**What the exercise asks:** The records below must be transcribed precisely and in full.

START Data supplied

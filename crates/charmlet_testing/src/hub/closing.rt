//! The end of a hub: its hand-ins and its result.

use crate::disk::ProbeDisk;
use crate::hub::places::{place_of_pass, place_of_seat};
use crate::objects::Object;
use crate::store::{Ended, Parts, Without};
use charmlet_halves::Halves;
use charmlet_hub::{PassesOf, SeatsOf};
use charmlet_leases::{ClientPass, Seat};
use charmlet_sequencer::RuntimeName;
use charmlet_store::Store;

/// Takes a processor's seat out of a list.
pub(crate) fn take_seat<B: RuntimeName>(
    seats: &mut Vec<Seat<SeatsOf<B>>>,
    without: Without,
) -> Option<Seat<SeatsOf<B>>> {
    let Without::Seat(processor) = without else {
        return None;
    };
    let place = place_of_seat(seats.as_slice(), processor)?;
    Some(seats.swap_remove(place))
}

/// Takes a client's pass out of a list.
pub(crate) fn take_pass<B: RuntimeName>(
    passes: &mut Vec<ClientPass<PassesOf<B>>>,
    without: Without,
) -> Option<ClientPass<PassesOf<B>>> {
    let Without::Pass(client) = without else {
        return None;
    };
    let place = place_of_pass(passes.as_slice(), client)?;
    Some(passes.swap_remove(place))
}

/// Puts an item back that was taken out of a list, which has room for it.
pub(crate) fn put_back<T: Drop>(items: &mut Vec<T>, taken: Option<T>) {
    if let Some(item) = taken {
        let _ = items.push(item);
    }
}

/// The parts of a store. If memory is refused for the list of its objects, it is tried once more.
pub(crate) fn end(store: Store<Object>, halves: Halves<ProbeDisk>) -> Ended {
    let disk = halves.into_disk();
    let result = match store.dismantle() {
        Ok(parts) => Ok(parts),
        Err(store) => store.dismantle(),
    };
    Ended {
        disk,
        parts: result.ok().map(Parts::new),
    }
}
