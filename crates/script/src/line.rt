// The price sheets that a line can name.
ghost use Rattle.std.specs.Prelude.{◌≡◌, Some};
ghost use Rattle.script.specs.Lines.{sheet_at, sheet_name};

use crate::named::{Named, first_named};
use std::fmt;

// The name of a price sheet.
#[derive(Clone, Copy, PartialEq, Eq, Debug)]
pub enum SheetName {
    Decree,
    House,
    ProtectedDecree,
    ProtectedHouse,
}

const SHEETS: [SheetName; 4] = [
    SheetName::Decree,
    SheetName::House,
    SheetName::ProtectedDecree,
    SheetName::ProtectedHouse,
];

impl Named for SheetName {
    ghost name_of = { sheet_name };

    fn name(self) -> &'static str {
        match self {
            SheetName::Decree => "decree",
            SheetName::House => "house",
            SheetName::ProtectedDecree => "protected-decree",
            SheetName::ProtectedHouse => "protected-house",
        }
    }
}

impl fmt::Display for SheetName {
    ghost output = { λ name. Some (sheet_name name) };

    fn fmt<W: fmt::Write>(&self, f: &mut fmt::Formatter<W>) -> fmt::Result {
        f.write_str(self.name())
    }
}

// The sheet that a word names.
pub fn sheet_of(word: &[u8]) -> Option<SheetName>
    ensures { result ≡ sheet_at word.now }
{
    first_named(&SHEETS, word)
}
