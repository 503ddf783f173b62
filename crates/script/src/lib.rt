// The names of the price sheets, as a replay script says them.
#![tactic(auto)]

mod line;
mod named;

pub use line::{SheetName, sheet_of};
pub use named::{Named, first_named};
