// What the words of a script can name.
ghost use Rattle.std.specs.Prelude.{◌≡◌, ℕ, List};
ghost use Rattle.std.specs.List.{find};
ghost use Rattle.words.specs.Words.{is_word};

use words::is_word;

// What has a word for its name.
pub trait Named: Copy {
    ghost name_of: { Self → List ℕ };

    // The word that names it.
    fn name(self) -> &'static str
        ensures { result.now ≡ name_of self };
}

// The first of these that a word names.
pub fn first_named<T: Named>(these: &[T], word: &[u8]) -> Option<T>
    ensures { result ≡ find (λ x. is_word word.now (T.name_of x)) these.now }
{
    these
        .iter()
        .copied()
        .find(|x| is_word(word, x.name().as_bytes()))
}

END Data supplied

**Written reply:**
filename crates/charmlet_testing/src/hub/closing.rt
//! The end of a hub: its hand-ins and its result.

use crate::disk::ProbeDisk;
use crate::hub::places::{place_of_pass, place_of_seat};
use crate::objects::Object;
use crate::store::{Ended, Parts, Without};
use charmlet_halves::Halves;
use charmlet_hub::{PassesOf, SeatsOf};
use charmlet_leases::{ClientPass, Seat};
use charmlet_sequencer::RuntimeName;
use charmlet_store::Store;

/// Takes a processor's seat out of a list.
pub(crate) fn take_seat<B: RuntimeName>(
    seats: &mut Vec<Seat<SeatsOf<B>>>,
    without: Without,
) -> Option<Seat<SeatsOf<B>>> {
    let Without::Seat(processor) = without else {
        return None;
    };
    let place = place_of_seat(seats.as_slice(), processor)?;
    Some(seats.swap_remove(place))
}

/// Takes a client's pass out of a list.
pub(crate) fn take_pass<B: RuntimeName>(
    passes: &mut Vec<ClientPass<PassesOf<B>>>,
    without: Without,
) -> Option<ClientPass<PassesOf<B>>> {
    let Without::Pass(client) = without else {
        return None;
    };
    let place = place_of_pass(passes.as_slice(), client)?;
    Some(passes.swap_remove(place))
}

/// Puts an item back that was taken out of a list, which has room for it.
pub(crate) fn put_back<T: Drop>(items: &mut Vec<T>, taken: Option<T>) {
    if let Some(item) = taken {
        let _ = items.push(item);
    }
}

/// The parts of a store. If memory is refused for the list of its objects, it is tried once more.
pub(crate) fn end(store: Store<Object>, halves: Halves<ProbeDisk>) -> Ended {
    let disk = halves.into_disk();
    let result = match store.dismantle() {
        Ok(parts) => Ok(parts),
        Err(store) => store.dismantle(),
    };
    Ended {
        disk,
        parts: result.ok().map(Parts::new),
    }
}
filename crates/script/src/line.rt
// The price sheets that a line can name.
ghost use Rattle.std.specs.Prelude.{◌≡◌, Some};
ghost use Rattle.script.specs.Lines.{sheet_at, sheet_name};

use crate::named::{Named, first_named};
use std::fmt;

// The name of a price sheet.
#[derive(Clone, Copy, PartialEq, Eq, Debug)]
pub enum SheetName {
    Decree,
    House,
    ProtectedDecree,
    ProtectedHouse,
}

const SHEETS: [SheetName; 4] = [
    SheetName::Decree,
    SheetName::House,
    SheetName::ProtectedDecree,
    SheetName::ProtectedHouse,
];

impl Named for SheetName {
    ghost name_of = { sheet_name };

    fn name(self) -> &'static str {
        match self {
            SheetName::Decree => "decree",
            SheetName::House => "house",
            SheetName::ProtectedDecree => "protected-decree",
            SheetName::ProtectedHouse => "protected-house",
        }
    }
}

impl fmt::Display for SheetName {
    ghost output = { λ name. Some (sheet_name name) };

    fn fmt<W: fmt::Write>(&self, f: &mut fmt::Formatter<W>) -> fmt::Result {
        f.write_str(self.name())
    }
}

// The sheet that a word names.
pub fn sheet_of(word: &[u8]) -> Option<SheetName>
    ensures { result ≡ sheet_at word.now }
{
    first_named(&SHEETS, word)
}
repository 503ddf783f173b62
filename crates/script/src/lib.rt
// The names of the price sheets, as a replay script says them.
#![tactic(auto)]

mod line;
mod named;

pub use line::{SheetName, sheet_of};
pub use named::{Named, first_named};
// What the words of a script can name.
ghost use Rattle.std.specs.Prelude.{◌≡◌, ℕ, List};
ghost use Rattle.std.specs.List.{find};
ghost use Rattle.words.specs.Words.{is_word};

use words::is_word;

// What has a word for its name.
pub trait Named: Copy {
    ghost name_of: { Self → List ℕ };

    // The word that names it.
    fn name(self) -> &'static str
        ensures { result.now ≡ name_of self };
}

// The first of these that a word names.
pub fn first_named<T: Named>(these: &[T], word: &[u8]) -> Option<T>
    ensures { result ≡ find (λ x. is_word word.now (T.name_of x)) these.now }
{
    these
        .iter()
        .copied()
        .find(|x| is_word(word, x.name().as_bytes()))
}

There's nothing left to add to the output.